De esta manera, solo necesitaba centrarse en llevar la leña al pueblo y venderla una vez dentro.
Con su padre y el padre y el hijo de la familia Liu ayudándole a recoger leña, la cantidad de leña que podría vender cada día aumentaría mucho.
La Tía Liu murmuró para sí misma durante un rato.
La idea de Wang Dashan era similar al acuerdo de colaboración anterior entre la nuera de la familia Song y su familia.
Su familia se centraría en trabajar y entregar la mercancía, y luego la otra parte la recibiría y la vendería.
—¿Solo tenemos que llevar la leña a un lado del camino principal y no al pueblo?
—preguntó la Tía Liu.
La tarifa de entrada actual no era baja.
Si la carretilla estuviera realmente llena hasta los topes de leña, costaría seis monedas de cobre entrar en el pueblo por viaje.

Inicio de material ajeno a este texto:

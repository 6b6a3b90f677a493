//! Statements: Block, List and Stmt, but for Simple and those with a header.

ghost use Rattle.std.specs.Prelude.{◌∷◌, []};
ghost use Rattle.go_syntax.specs.Tree as t;
ghost use Rattle.go_grammar.specs.Frames as f;
ghost use Rattle.go_grammar.specs.ExprSteps as steps;
ghost use Rattle.go_grammar.specs.StmtSteps as rows;
ghost use Rattle.go_frames.specs.FrameView.{Comes, token_of, stmt_frame, stack_view};

use crate::begins::control::{begin_for, begin_if};
use crate::begins::decl::begin_decl;
use crate::begins::expr::then_expr;
use crate::begins::simple::begin_simple;
use crate::ends::lost::lost;
use crate::frames::at::At;
use crate::frames::ctx::Ctx;
use crate::frames::form::{defer, fall_through, go};
use crate::frames::frame::{Frame, Mode, StmtFrame, SwitchFrame, Value};
use crate::frames::stack::{Answer, Stack, done, goes, open_block};
use go_syntax::{Keyword, Operator, TokenKind};
use std::alloc::Global;

/// A statement that begins with the token, after so many labels.
pub fn begin_stmt(
    alloc: Global,
    at: At,
    text: &[u8],
    blocks: u32,
    labels: u32,
    stack: Stack,
) -> Answer
    ensures value { Comes result (rows.begin_stmt (token_of at text.now) blocks labels (stack_view stack)) }
{
    if at.is(Operator::LeftBrace) {
        let stack = stack.with(Frame::Stmt(StmtFrame::Inner))?;
        return open_block(alloc, at, blocks, stack);
    }
    match at.kind {
        TokenKind::Word(word) => begin_with_word(alloc, at, text, word, blocks, stack),
        _ => begin_simple(alloc, at, text, Ctx::new(blocks), Mode::Stmt(labels), stack),
    }
}

fn begin_with_word(
    alloc: Global,
    at: At,
    text: &[u8],
    word: Keyword,
    blocks: u32,
    stack: Stack,
) -> Answer
    ensures value { Comes result (rows.begin_word_stmt (token_of at text.now) word blocks (stack_view stack)) }
{
    match word {
        Keyword::Const => declared(alloc, at, blocks, stack),
        Keyword::Type => declared(alloc, at, blocks, stack),
        Keyword::Var => declared(alloc, at, blocks, stack),
        Keyword::Go => then_called(StmtFrame::Go(at.place), blocks, stack),
        Keyword::Defer => then_called(StmtFrame::Defer(at.place), blocks, stack),
        Keyword::Return => goes(stack, Frame::Stmt(StmtFrame::Return(blocks, at.place))),
        Keyword::Break => goes(stack, Frame::Stmt(StmtFrame::Break(at.place))),
        Keyword::Continue => goes(stack, Frame::Stmt(StmtFrame::Continue(at.place))),
        Keyword::Fallthrough => fall(alloc, at, stack),
        Keyword::If => begin_if(at, blocks, stack),
        Keyword::For => begin_for(at, blocks, stack),
        Keyword::Switch => goes(stack, Frame::Switch(SwitchFrame::Head(blocks, at.place))),
        Keyword::Select => goes(stack, Frame::Switch(SwitchFrame::Select(blocks, at.place))),
        _ => begin_simple(alloc, at, text, Ctx::new(blocks), Mode::Header, stack),
    }
}

/// `fallthrough`
fn fall(alloc: Global, at: At, stack: Stack) -> Answer
    ensures value { Comes result (f.Goes (f.Done (f.AStmt (t.FallthroughStmt at.place)) ∷ stack_view stack)) }
{
    match fall_through(alloc, at.place) {
        Ok(s) => done(stack, Value::Stmt(s)),
        Err(error) => lost(error, stack),
    }
}

/// A declaration in a list of statements.
fn declared(alloc: Global, at: At, blocks: u32, stack: Stack) -> Answer
    ensures value { Comes result (rows.begin_decl (token_of at []) blocks (f.OfStmt f.Declared ∷ stack_view stack)) }
{
    let stack = stack.with(Frame::Stmt(StmtFrame::Decl))?;
    begin_decl(alloc, at, blocks, stack)
}

/// After `go` or `defer`.
fn then_called(frame: StmtFrame, blocks: u32, stack: Stack) -> Answer
    ensures value { Comes result (steps.then_expr (f.new_ctx blocks) (f.OfStmt (stmt_frame frame) ∷ stack_view stack)) }
{
    let stack = stack.with(Frame::Stmt(frame))?;
    then_expr(Ctx::new(blocks), stack)
}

Si la carretilla estuviera cargada con ocho fardos de leña, solo ganarían 40 monedas de cobre por viaje.
Tras deducir la tarifa de entrada de seis monedas de cobre, les quedarían 34 monedas de cobre.
Tras deducir los salarios de su viejo y su segundo hijo, entonces… solo quedarían 16 monedas de cobre…
Aunque 16 monedas de cobre no era una suma pequeña, tenían que entrar y salir del pueblo y recorrer las calles y callejones para vender la leña.
Si no se gestionaba bien, el esfuerzo de vender la leña podría ser mayor que el de recogerla.
Al pensar en esto, la Tía Liu ya había determinado que este trabajo era factible en principio.